- Wiley holding a rattlesnake and a gila monster
- Born: February 18, 1883 Chanute, Kansas, US
- Died: July 20, 1948 (aged 65) Long Beach, California, US
- Education: University of Kansas
- Known for: first person to successfully breed rattlesnakes in captivity
- Scientific career
- Fields: Herpetology
- Workplaces: Minneapolis Public Library, Brookfield Zoo

= Grace Olive Wiley =

American herpetologist

Grace Olive Wiley (February 18, 1883 – July 20, 1948) was an American herpetologist best known for her work with venomous snakes. She died of a snakebite she received while posing for a photographer at the age of 65.

==Background==
Wiley originally worked as an entomologist at the University of Kansas, but during her mid-thirties she began collecting and observing rattlesnakes while doing field work in the Southwestern United States. Within a few years she became the first person to successfully breed rattlesnakes in captivity. In 1923, she was named a curator at the Minneapolis Public Library which had an extensive collection of live reptiles and amphibians in its now-defunct natural history museum.

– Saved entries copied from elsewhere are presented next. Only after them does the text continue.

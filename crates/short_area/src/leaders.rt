ghost use Rattle.std.specs.Prelude.{◌<◌, ◌^◌, IfOk, IfSome, OnOk, length};
ghost use Rattle.fault_model.specs.Areas.{IsBoundsOf, Tally, cells_of};
ghost use Rattle.short_area.specs.inside.LabelRuns.{IsInZone};
ghost use Rattle.short_area.specs.inside.Leaders.{AreOthers, ArePartsIn, GainsPart, IsBesideRun};
ghost use Rattle.short_area.specs.Zones.{IsCountOf};

use super::leads::{Lead, lead_of};
use super::part_case::LOOKS_EACH;
use super::runs::label_runs_within;
use super::sweeps::area_of_two;
use geo_core::{Labelled, Rect, clip, join};
use lists::NoMemory;
use std::alloc::Global;
use union_area::{count_of, union_area};

/// So few zones of other labels are soon parted.
const FEW: usize = 64;

/// The count where one label has most of the zones, if those of the others are many and their runs are found with few
/// looks. Its own zones need no runs, of which a mesh has as many as holes. They matter where the others lie, and nowhere
/// else.
pub fn counted_by_leader(
    alloc: Global,
    zones: &[Labelled],
    window: Rect,
) -> Result<Option<u64>, NoMemory>
    ensures { IfOk result (λ found. IfSome found (λ n. IsCountOf zones.now window n)) }
{
    let lead = lead_of(zones);
    if !leaves_holes(zones, lead, window) {
        return Ok(None);
    }
    counted_beside(alloc, zones, window, lead.label)
}

/// Whether the label leads by half of the zones, and these leave holes. Where bars in both directions close them, parts of the
/// window soon lie in one zone.
fn leaves_holes(zones: &[Labelled], lead: Lead, window: Rect) -> bool {
    if zones.len() - zones.len() / 2 > lead.zones {
        return false;
    }
    cells_of_label(zones, lead.label) / 2 < count_of(window)
}

/// How many cells the zones with this label have, each counted by itself.
fn cells_of_label(zones: &[Labelled], label: usize) -> u64 {
    let mut cells: u64 = 0;
    for zone in zones {
        if zone.label == label {
            cells = cells.saturating_add(count_of(zone.rect));
        }
    }
    cells
}

/// The count by runs of the labels but this one, if their zones are many and the runs are found with few looks.
fn counted_beside(
    alloc: Global,
    zones: &[Labelled],
    window: Rect,
    leader: usize,
) -> Result<Option<u64>, NoMemory>
    ensures { IfOk result (λ found. IfSome found (λ n. IsCountOf zones.now window n)) }
{
    let others = others_of(alloc, zones, leader)?;
    let others = others.as_slice();
    if others.len() < FEW {
        return Ok(None);
    }
    let most = others.len().saturating_mul(LOOKS_EACH);
    let Some(runs) = label_runs_within(alloc, others, most)? else {
        return Ok(None);
    };
    let own = parts_in(alloc, zones, leader, bounds_of(others))?;
    let count = area_beside_runs(alloc, own.as_slice(), runs.as_slice(), window)?;
    Ok(Some(count))
}

/// The zones of the other labels.
fn others_of(alloc: Global, zones: &[Labelled], leader: usize) -> Result<Vec<Labelled>, NoMemory>
    ensures { IfOk result (λ others. AreOthers zones.now leader others.items) }
{
    let mut others = Vec::new(alloc);
    for zone in zones {
        if zone.label != leader {
            others.push(*zone)?;
        }
    }
    Ok(others)
}

/// The least rectangle that has the cells of all zones, of which there has to be one.
fn bounds_of(zones: &[Labelled]) -> Rect
    requires { 0 < length zones.now }
    ensures { IsBoundsOf (IsInZone zones.now) result }
{
    let mut bounds = zones[0].rect;
    for zone in zones {
        bounds = join(bounds, zone.rect);
    }
    bounds
}

/// What the zones with this label have within the bounds.
fn parts_in(
    alloc: Global,
    zones: &[Labelled],
    label: usize,
    bounds: Rect,
) -> Result<Vec<Rect>, NoMemory>
    ensures { IfOk result (λ parts. ArePartsIn zones.now label bounds parts.items) }
{
    let mut parts = Vec::new(alloc);
    for zone in zones {
        add_part(&mut parts, *zone, label, bounds)?;
    }
    Ok(parts)
}

/// Adds what the zone has within the bounds, where it has this label.
fn add_part(
    parts: &mut Vec<Rect>,
    zone: Labelled,
    label: usize,
    bounds: Rect,
) -> Result<(), NoMemory>
    ensures { OnOk result (GainsPart parts.old.items parts.new.items zone label bounds) }
{
    if zone.label != label {
        return Ok(());
    }
    if let Some(part) = clip(zone.rect, bounds) {
        parts.push(part)?;
    }
    Ok(())
}

/// How many cells of the window lie in a run, and beside it in one of the leader's rectangles or in another run.
///
/// With the leader's rectangles twice and each run once, the cells of the leader and those of two runs lie in two
/// rectangles. These are all that are asked for, and those of the leader that have no run: as many as all cells that have
/// a run or a rectangle of the leader, less those that have a run.
fn area_beside_runs(
    alloc: Global,
    own: &[Rect],
    runs: &[Rect],
    window: Rect,
) -> Result<u64, NoMemory>
    ensures tally { IfOk result (λ n. Tally (IsBesideRun own.now runs.now) (cells_of window) n) }
    ensures small { IfOk result (λ n. n < 2 ^ 63) }
{
    let mut rects = Vec::from_slice(alloc, own)?;
    rects.extend_from_slice(runs)?;
    let in_either = union_area(alloc, rects.as_slice(), window)?;
    rects.extend_from_slice(own)?;
    let in_two = area_of_two(alloc, rects.as_slice(), window)?;
    let in_runs = union_area(alloc, runs, window)?;
    Ok(in_two + in_runs - in_either)
}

==Mission, methods, and controversy==
Wiley brought much attention while working in Minneapolis, even appearing in national publications like Time and Life. At the time, it was very unusual for a woman to be a curator of reptiles, and Wiley earned a reputation as a "woman without fear." Taking advantage of her fame, Wiley strove to change the public's negative perception of snakes, arguing, “The fear of snakes is cultivated. We are not born with it. Children love snakes as naturally as they love dogs and cats. Don’t be afraid of a reptile’s tongue. The only animal that can hurt you with its tongue is a human.”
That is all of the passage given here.